-- Task data --
********************

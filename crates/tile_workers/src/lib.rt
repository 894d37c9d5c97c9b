//! Analysts and workers together: each analyst's script runs in a thread of its own, and if it settles, workers solve the
//! tiles, all over one desk.
#![tactic(auto)]

mod curator;
mod early;
mod gate;
mod rising;
mod scripts;
mod settling;
mod solving;
mod watcher;
mod watching;

pub use crate::curator::Curator;
pub use crate::gate::{Gate, OpenGate};
pub use crate::scripts::run_scripts;
pub use crate::settling::settle;
pub use crate::watcher::Watcher;
pub use crate::watching::run_watched;
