//! A session's board under a lock that serves calls in their order. Each analyst and each worker asks the desk with a
//! pass. An answer is that of the board at one point of its history, which begins with all that the pass had seen.
#![tactic(auto)]

mod desk;
mod law;
mod lock;
mod pass;
mod stamped;

pub use crate::desk::Desk;
pub use crate::pass::Pass;
pub use crate::stamped::Stamped;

********************

-- Problem --
Output each line of the material exactly as it was written above.

-- Task solution --
filename crates/tile_workers/src/lib.rt
repository 894d37c9d5c97c9b
//! Analysts and workers together: each analyst's script runs in a thread of its own, and if it settles, workers solve the
//! tiles, all over one desk.
#![tactic(auto)]

mod curator;
mod early;
mod gate;
mod rising;
mod scripts;
mod settling;
mod solving;
mod watcher;
mod watching;

pub use crate::curator::Curator;
pub use crate::gate::{Gate, OpenGate};
pub use crate::scripts::run_scripts;
pub use crate::settling::settle;
pub use crate::watcher::Watcher;
pub use crate::watching::run_watched;
//! A session's board under a lock that serves calls in their order. Each analyst and each worker asks the desk with a
//! pass. An answer is that of the board at one point of its history, which begins with all that the pass had seen.
#![tactic(auto)]

mod desk;
mod law;
mod lock;
mod pass;
mod stamped;

pub use crate::desk::Desk;
pub use crate::pass::Pass;
pub use crate::stamped::Stamped;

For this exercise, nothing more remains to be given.